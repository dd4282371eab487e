// The effects of calls 12 to 14.
ghost use Rattle.std.specs.Prelude.{◌<◌, ◌≤◌};
ghost use Rattle.model.specs.State.{mutex_list};
ghost use Rattle.model.specs.Parts.{thread, list};
ghost use Rattle.model.specs.Calls.{create_mutex, claim, release};
ghost use Rattle.model.specs.Effects.{create_mutex_effect, raise, claim_effect, fall, hand_over, release_effect};
ghost use Rattle.model.specs.Layout.{view};
ghost use Rattle.theorems.specs.Allowed.{Allowed};
ghost use Rattle.words.specs.Images.{Whole, Given, Does};

use fields::places::{Image, PRIORITY_COUNT};
use fields::{head, mutexes, threads};
use model::lists::MUTEX_LIST;
use model::requests::Request;
use model::tables::Mutex;
use rules::owners;
use words::{priorities, standing, waking};

// Call 12.
pub fn create_mutex(image: &mut Image, q: Request)
    requires whole { Whole image.old }
    requires allowed { Allowed create_mutex q (view image.old) }
    ensures { Does image.old (create_mutex_effect q) image.new }
{
    let x = Mutex {
        created: 1,
        owner: 0,
        depth: 0,
    };
    mutexes::store(image, q.id as usize, x);
}

// The current priority of `from`, where it exceeds that of thread i, becomes that of thread i.
fn raise(image: &mut Image, i: usize, from: usize)
    requires given { Given image.old i }
    requires from_bound { from < 16 }
    ensures { Does image.old (raise i from) image.new }
{
    let p = threads::current(image, from);
    if threads::current(image, i) < p {
        priorities::take_priority(image, i, p);
    }
}

// Call 13: another's mutex is waited for, and its owner raised; else it is the running thread's, once more if it was already.
pub fn claim(image: &mut Image, q: Request)
    requires whole { Whole image.old }
    requires allowed { Allowed claim q (view image.old) }
    ensures { Does image.old (claim_effect q) image.new }
{
    let o = q.id as usize;
    let c = head::chosen(image);
    let i = c as usize;
    let x = mutexes::mutex(image, o);
    if owners::is_others(x, c) {
        waking::start_to_wait(image, MUTEX_LIST + o, i, q.a, 0, 0);
        raise(image, x.owner as usize, i);
    } else {
        mutexes::set_owner(image, o, c, x.depth + 1);
        threads::set_result(image, i, 1);
    }
}

// To its base priority.
fn fall(image: &mut Image, i: usize)
    requires given { Given image.old i }
    requires image_bound { (thread i (view image.old)).base < 8 }
    ensures { Does image.old (fall i) image.new }
{
    let p = threads::base(image, i);
    priorities::take_priority(image, i, p);
}

// The first waiter owns it and is woken; with none it is unowned.
fn hand_over(image: &mut Image, o: usize)
    requires whole { Whole image.old }
    requires o_bound { o < 4 }
    ensures { Does image.old (λ s. hand_over o (list (mutex_list o) s) s) image.new }
{
    let link = standing::first_of(image, MUTEX_LIST + o);
    if link == 0 {
        mutexes::set_owner(image, o, 0, 0);
    } else {
        mutexes::set_owner(image, o, link - 1, 1);
        waking::wake(
            image,
            PRIORITY_COUNT + (MUTEX_LIST + o),
            (link as usize) - 1,
            1,
        );
    }
}

// Call 14: with the last level first the fall, then the new owner.
pub fn release(image: &mut Image, q: Request)
    requires whole { Whole image.old }
    requires allowed { Allowed release q (view image.old) }
    ensures { Does image.old (release_effect q) image.new }
{
    let o = q.id as usize;
    let depth = mutexes::depth(image, o);
    if depth == 1 {
        let i = head::chosen(image) as usize;
        fall(image, i);
        hand_over(image, o);
    } else {
        let owner = mutexes::owner(image, o);
        mutexes::set_owner(image, o, owner, depth - 1);
    }
}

^^^^^^^^^^^^^^^^

* [Problem description] Determine the number of lines in the material above that include the word "Does". Give that number and no other text.

* [Response to the exercise] 7